SOURCE MATERIAL:
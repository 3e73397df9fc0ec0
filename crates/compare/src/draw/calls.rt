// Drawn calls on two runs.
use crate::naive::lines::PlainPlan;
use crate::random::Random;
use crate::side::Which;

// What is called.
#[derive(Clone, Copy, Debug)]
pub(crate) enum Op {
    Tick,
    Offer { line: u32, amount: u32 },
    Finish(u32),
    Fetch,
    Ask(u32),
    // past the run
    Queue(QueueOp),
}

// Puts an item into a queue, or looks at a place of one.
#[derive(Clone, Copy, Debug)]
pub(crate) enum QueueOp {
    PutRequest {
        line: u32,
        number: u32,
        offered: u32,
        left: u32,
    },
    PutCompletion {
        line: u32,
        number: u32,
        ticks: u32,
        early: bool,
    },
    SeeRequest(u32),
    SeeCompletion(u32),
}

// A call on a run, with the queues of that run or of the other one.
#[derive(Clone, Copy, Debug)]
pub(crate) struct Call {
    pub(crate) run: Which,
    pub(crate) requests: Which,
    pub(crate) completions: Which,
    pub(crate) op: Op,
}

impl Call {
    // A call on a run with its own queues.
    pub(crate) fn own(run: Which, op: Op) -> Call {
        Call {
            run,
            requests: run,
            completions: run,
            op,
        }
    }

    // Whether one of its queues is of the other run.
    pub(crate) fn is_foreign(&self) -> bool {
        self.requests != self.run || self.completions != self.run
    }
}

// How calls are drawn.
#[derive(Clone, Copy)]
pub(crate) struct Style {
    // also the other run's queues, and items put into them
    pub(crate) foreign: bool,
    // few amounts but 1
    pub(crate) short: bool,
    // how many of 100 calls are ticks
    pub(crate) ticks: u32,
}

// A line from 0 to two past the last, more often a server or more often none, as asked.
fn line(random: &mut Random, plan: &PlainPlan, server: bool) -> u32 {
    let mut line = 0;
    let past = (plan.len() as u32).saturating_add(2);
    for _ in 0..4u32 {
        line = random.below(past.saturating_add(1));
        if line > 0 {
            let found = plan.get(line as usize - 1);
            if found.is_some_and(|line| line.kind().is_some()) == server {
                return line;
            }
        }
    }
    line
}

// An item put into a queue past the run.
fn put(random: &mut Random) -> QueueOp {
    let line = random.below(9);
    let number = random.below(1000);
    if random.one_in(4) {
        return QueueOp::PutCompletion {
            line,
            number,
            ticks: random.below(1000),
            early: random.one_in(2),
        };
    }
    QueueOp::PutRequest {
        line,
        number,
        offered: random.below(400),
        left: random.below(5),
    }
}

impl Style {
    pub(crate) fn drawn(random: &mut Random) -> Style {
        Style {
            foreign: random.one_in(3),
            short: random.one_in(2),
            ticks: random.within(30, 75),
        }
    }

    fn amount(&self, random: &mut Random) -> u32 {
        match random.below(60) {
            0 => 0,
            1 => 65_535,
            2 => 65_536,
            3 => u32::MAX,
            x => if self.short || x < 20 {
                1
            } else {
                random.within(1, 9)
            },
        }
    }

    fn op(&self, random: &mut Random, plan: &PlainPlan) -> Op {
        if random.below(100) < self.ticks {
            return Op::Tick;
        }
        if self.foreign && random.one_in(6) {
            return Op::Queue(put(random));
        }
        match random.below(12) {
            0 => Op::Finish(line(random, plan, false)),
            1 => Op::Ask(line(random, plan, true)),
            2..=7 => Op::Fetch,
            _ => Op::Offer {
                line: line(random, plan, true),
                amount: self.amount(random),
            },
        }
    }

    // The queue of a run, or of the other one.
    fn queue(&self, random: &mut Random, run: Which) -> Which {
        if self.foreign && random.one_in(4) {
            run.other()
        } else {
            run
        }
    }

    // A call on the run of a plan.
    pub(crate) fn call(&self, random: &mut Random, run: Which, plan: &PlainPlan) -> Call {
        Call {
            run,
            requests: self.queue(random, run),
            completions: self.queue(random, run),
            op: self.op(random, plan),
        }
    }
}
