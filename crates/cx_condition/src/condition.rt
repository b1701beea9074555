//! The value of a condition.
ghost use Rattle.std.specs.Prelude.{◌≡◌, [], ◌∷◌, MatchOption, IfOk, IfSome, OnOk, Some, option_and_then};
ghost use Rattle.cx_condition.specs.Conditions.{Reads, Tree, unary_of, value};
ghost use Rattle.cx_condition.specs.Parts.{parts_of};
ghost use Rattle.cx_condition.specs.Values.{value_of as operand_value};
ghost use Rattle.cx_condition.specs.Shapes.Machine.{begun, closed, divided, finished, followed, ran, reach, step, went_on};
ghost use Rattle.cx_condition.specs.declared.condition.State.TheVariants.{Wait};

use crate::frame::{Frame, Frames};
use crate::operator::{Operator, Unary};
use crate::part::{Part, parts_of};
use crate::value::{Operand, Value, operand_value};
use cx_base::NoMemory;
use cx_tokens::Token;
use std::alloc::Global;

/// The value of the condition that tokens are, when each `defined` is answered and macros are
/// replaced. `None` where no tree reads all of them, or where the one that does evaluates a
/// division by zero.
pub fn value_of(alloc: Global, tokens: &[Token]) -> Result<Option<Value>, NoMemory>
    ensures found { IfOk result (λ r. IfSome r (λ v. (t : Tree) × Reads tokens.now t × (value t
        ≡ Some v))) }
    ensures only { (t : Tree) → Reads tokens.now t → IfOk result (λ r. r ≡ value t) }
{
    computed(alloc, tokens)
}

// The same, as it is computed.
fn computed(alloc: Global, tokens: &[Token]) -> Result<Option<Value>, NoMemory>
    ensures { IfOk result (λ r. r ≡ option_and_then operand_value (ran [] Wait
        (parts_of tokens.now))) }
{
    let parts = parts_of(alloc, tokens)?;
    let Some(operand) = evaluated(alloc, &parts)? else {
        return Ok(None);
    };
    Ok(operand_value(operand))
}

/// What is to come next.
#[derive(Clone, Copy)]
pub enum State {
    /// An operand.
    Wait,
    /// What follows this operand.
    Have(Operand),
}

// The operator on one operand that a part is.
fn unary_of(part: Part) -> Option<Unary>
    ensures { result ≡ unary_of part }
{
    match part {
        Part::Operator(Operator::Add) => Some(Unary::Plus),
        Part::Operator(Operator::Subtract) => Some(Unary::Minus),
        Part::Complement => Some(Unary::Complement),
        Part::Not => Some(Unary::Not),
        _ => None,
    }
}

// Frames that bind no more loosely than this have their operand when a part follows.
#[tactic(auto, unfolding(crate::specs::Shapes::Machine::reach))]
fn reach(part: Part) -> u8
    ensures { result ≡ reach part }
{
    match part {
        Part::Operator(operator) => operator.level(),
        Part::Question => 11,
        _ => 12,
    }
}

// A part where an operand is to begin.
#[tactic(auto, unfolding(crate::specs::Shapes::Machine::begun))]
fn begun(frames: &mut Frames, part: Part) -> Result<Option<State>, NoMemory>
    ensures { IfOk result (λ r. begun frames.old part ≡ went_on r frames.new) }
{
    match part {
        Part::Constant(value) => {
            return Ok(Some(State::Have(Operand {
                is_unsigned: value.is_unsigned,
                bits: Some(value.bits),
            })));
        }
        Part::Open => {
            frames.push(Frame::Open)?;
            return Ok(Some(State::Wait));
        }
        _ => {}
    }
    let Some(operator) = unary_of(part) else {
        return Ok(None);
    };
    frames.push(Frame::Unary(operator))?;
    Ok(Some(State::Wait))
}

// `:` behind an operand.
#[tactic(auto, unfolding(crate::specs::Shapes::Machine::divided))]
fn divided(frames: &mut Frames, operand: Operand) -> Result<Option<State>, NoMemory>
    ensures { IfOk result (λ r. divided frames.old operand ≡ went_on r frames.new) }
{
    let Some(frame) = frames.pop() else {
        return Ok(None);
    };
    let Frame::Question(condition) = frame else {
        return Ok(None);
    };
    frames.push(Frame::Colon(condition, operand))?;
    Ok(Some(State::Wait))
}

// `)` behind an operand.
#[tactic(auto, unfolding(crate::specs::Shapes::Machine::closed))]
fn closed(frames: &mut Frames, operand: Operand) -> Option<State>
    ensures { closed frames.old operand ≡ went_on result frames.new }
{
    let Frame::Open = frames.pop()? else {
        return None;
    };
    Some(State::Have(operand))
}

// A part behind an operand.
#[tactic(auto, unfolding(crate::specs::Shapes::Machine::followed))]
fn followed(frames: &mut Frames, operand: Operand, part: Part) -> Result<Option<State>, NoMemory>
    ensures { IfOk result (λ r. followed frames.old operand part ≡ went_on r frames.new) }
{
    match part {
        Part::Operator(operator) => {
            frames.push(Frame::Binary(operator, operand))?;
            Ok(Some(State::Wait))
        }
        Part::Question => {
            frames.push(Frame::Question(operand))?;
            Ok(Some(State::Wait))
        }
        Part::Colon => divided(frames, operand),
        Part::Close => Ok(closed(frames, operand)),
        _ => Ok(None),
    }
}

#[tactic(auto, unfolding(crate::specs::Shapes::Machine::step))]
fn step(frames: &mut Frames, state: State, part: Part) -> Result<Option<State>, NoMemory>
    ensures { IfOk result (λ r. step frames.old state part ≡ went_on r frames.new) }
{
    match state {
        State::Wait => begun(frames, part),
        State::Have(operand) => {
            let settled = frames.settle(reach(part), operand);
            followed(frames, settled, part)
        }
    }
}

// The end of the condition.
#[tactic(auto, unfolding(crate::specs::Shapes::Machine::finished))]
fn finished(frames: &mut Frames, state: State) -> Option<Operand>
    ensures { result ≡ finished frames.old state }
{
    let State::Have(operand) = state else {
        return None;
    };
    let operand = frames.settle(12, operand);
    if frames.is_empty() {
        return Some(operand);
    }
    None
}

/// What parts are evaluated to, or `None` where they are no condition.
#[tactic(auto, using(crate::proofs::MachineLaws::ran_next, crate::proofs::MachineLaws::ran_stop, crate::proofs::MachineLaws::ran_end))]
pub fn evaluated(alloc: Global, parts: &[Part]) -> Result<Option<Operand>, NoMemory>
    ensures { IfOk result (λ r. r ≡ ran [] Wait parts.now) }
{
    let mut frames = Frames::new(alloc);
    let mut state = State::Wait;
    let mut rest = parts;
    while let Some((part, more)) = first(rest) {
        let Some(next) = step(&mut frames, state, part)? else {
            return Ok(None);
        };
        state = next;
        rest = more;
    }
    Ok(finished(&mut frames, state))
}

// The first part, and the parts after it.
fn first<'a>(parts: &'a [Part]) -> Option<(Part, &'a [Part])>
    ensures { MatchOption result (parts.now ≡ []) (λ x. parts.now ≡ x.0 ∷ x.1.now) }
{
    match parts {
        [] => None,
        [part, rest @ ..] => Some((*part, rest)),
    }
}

WORK TO BE COMPLETED: The lines you need are those holding the word "closed"; copy each of them from the material above.

RESPONSE TO THIS TASK:
ghost use Rattle.cx_condition.specs.Shapes.Machine.{begun, closed, divided, finished, followed, ran, reach, step, went_on};
#[tactic(auto, unfolding(crate::specs::Shapes::Machine::closed))]
fn closed(frames: &mut Frames, operand: Operand) -> Option<State>
    ensures { closed frames.old operand ≡ went_on result frames.new }
        Part::Close => Ok(closed(frames, operand)),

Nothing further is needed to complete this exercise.